Monumen Serangan Umum 1 Maret, Megah Penuh Sejarah di Pusat Kota


Source: Google Picture/Fathur Rohman

Ketika kamu ke Yogyakarta, kamu akan menemui sebuah monument yang tidak asing lagi. Monumen itu terletak di Titik Nol Kilometer. Monumen Serangan Umum 1 Maret 1949, menjadi tanda bahwa pernah terjadi sebuah serangan hebat untuk mempertahankan kemerdekaan Indonesia.
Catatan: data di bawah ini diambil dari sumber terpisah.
//! Rows whose answers were worked out by exact arithmetic elsewhere.
ghost use Rattle.std.specs.Prelude.{◌≡◌, ◌≤◌, IsTrue, length};
ghost use Rattle.std.specs.List.{All};
ghost use Rattle.ticks.specs.Walks.{IsTime};
ghost use Rattle.window_fn.specs.Windows.{IsFrame, IsInFrame};

use crate::fractions::{field, number, read, rows_hold};
use func_table::{Found, Func, Window, find};
use std::alloc::Global;
use std::test::Fail;
use ticks::Ms;
use window_fn::{WindowFault, WindowFrame, carried, in_seconds, layout_of, over, quantile};
use xfrac::{ArithOp, NumFault, XFrac, arith, whole};
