//! The labels that values are counted under.
ghost use Rattle.frac_text.specs.Spellings.{spelling};
ghost use Rattle.label_set.specs.Labels.{is_named as is_named_name};
ghost use Rattle.op_rank.specs.ValueCounts.{labels_of as labels_of_entry, value_labels as labels_of_value};
ghost use Rattle.promql_meaning.specs.Countings.{is_left_out as is_left_out_label};
ghost use Rattle.std.specs.Prelude.{◌≡◌, ◌<◌, length, string_bytes, IfOk};

use crate::entries::Entry;
use frac_text::write_number;
use label_set::{Grouping, Labels, METRIC_NAME, Text};
use promql_meaning::labels_with;
use std::alloc::{AllocError, Global};
use xfrac::XFrac;
use xfrac::laws::is_number;

/// How values are counted: beside each place that is fed the place of its group, the labels of groups, and the label that
/// takes a value's text, unless it is not set.
#[derive(Clone, Copy)]
pub(crate) struct Counting<'a> {
    pub places: &'a [usize],
    pub groups: &'a [Labels],
    pub label: &'a str,
    pub is_set: bool,
}

/// The labels that a value of a group is counted under; there are none where they would pass the limits of labels.
pub(crate) fn labels_of(
    alloc: Global,
    counting: &Counting<'_>,
    entry: &Entry,
) -> Result<Option<Labels>, AllocError>
    requires { entry.now.group < length counting.now.groups.now }
    ensures { IfOk result (λ labels. labels ≡ labels_of_entry counting.now entry.now) }
{
    let groups = counting.groups;
    value_labels(
        alloc,
        counting.is_set,
        counting.label,
        &groups[entry.group],
        &entry.value,
    )
}

fn value_labels(
    alloc: Global,
    is_set: bool,
    label: &str,
    group: &Labels,
    value: &XFrac,
) -> Result<Option<Labels>, AllocError>
    ensures { IfOk result (λ labels. labels ≡ labels_of_value is_set label.now group.now value.now) }
{
    let kept = group.copy()?;
    if !is_set {
        return Ok(Some(kept));
    }
    let text = number_text(alloc, value)?;
    labels_with(alloc, kept, label, text.as_str())
}

/// The spelling of a number.
#[tactic(auto, using(crate::proofs::Spelled::spelled_text))]
fn number_text(alloc: Global, value: &XFrac) -> Result<String, AllocError>
    ensures { IfOk result (λ text. string_bytes text ≡ spelling value.now) }
{
    let mut bytes = Vec::new(alloc);
    write_number(value, &mut bytes)?;
    is_number(value);
    Ok(String::from_utf8(bytes).unwrap())
}

/// Under `without` a label that is listed, or the metric's name, is not set.
pub(crate) fn is_left_out(by: &Grouping, label: &str) -> bool
    ensures { result ≡ is_left_out_label by.now label.now }
{
    by.without && (label == METRIC_NAME || is_listed(by.names.as_slice(), label))
}

fn is_listed(names: &[Text], label: &str) -> bool
    ensures { result ≡ is_named_name names.now label.now }
{
    names.iter().any(|name| name.as_str() == label)
}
Hingga waktu berlalu, kini monument yang memiliki pelataran itu maish tetap ramai dikunjungi oleh masyarakat. Berbagai macam acara kerap kali diadakan di sana, menjadi panggung terbuka yang begitu apik.

Serangan Umum 1 Maret, sebuah kejadian yang tidak akan terlupakan dalam sejarah Indonesia. Serangan tersebut dilancarkan sebagai respon adanya tindak Agresi Militer Belanda II. Dibumbui pihak Belanda mengatakan pada dunia bahwa Indonesia bukanlah negara yang bedaulat, para tantara sudah hilang. Saat itu, ibukota negara sendiri dipindahkan di Yogyakarta karena kondisi di Jakarta sedang kacau balau, meskipun di sini tak jauh bedanya.

Serangan itu dilakukan pada pagi hari. Hasilnya, rakyat berhasil menguasai ibukota selama 6 jam lamanya. Hal itu pastinya membuktikan pada dunia bahwa Indonesia masih ada. Apalagi saat itu, Dewan Keamaan PBB sedang melaksanakan sebuah pertemuan. Serangan Umum 1 Maret 1949 ini semakin memperkuat posisi Indonesia di mata dunia.

Waktu berlalu begitu cepat, tak terasa Indonesia kini sudah merdeka dan bebas dari penjajah negara lain. Monumen Serangan Umum 1 Maret 1949 didirikan sebagai bentuk untuk mengingat serta menghormati jasa para pahlawan yang ikut terjun pada aksi tersebut. Monumen itu bangun dengan gagah di sisi utara Titik Nol Kilometer, di dalam kompleks Benteng Vredeburg.  

Berada di keramaian, Monumen Serangan Umum 1 Maret kini selain untuk pembelajaran sejarah, juga dimanfaatkan sebagai panggung terbuka untuk berbagai acara. Memang monument ini dibangun tanpa atap dan memiliki pelataran yang cukup luas. Di sekitarnyapun dibangun pagar besi sebagai pembatas sekaligus mematenkan seberapa luas pelataran yang dimiliki.

Di dalam pagar tersebut, tepatnya di depan monument, terdapat undakan yang tidak begitu tinggi. Undakan itu berbentuk setengah lingkaran yang sering digunakan sebagai kursi penonton. Sedangkan panggung berada di tengah. Lahan ini cukup luas untuk mengadakan acara seperti konser music, teater, tari, dan lain-lain.

Terkadang, masyarakat yang tidak bisa masuk (mungkin karena acara berbayar) bisa menikmati acara dari luar pagar. Panitia penyelenggara ada yang tidak memberikan penutup, sehingga acara bisa ditonton oleh orang di luar pagar. Pastinya hal tersebut cukup menguntungkan bagi para pejalan kaki yang tidak sengaja lewat.

Bertahun-tahun berlalu, Serangan Umum 1 Maret 1949 jadi momen tersendiri yang tidak akan terlupakan. Ceritanya terwakili pada bangunan monument di Titik Nol Kilometer. Bukan hanya bangunan saja, kawasan itu kini telah dimanfaatkan dengan baik untuk melestarikan berbagai seni juga budaya di Yogyakarta.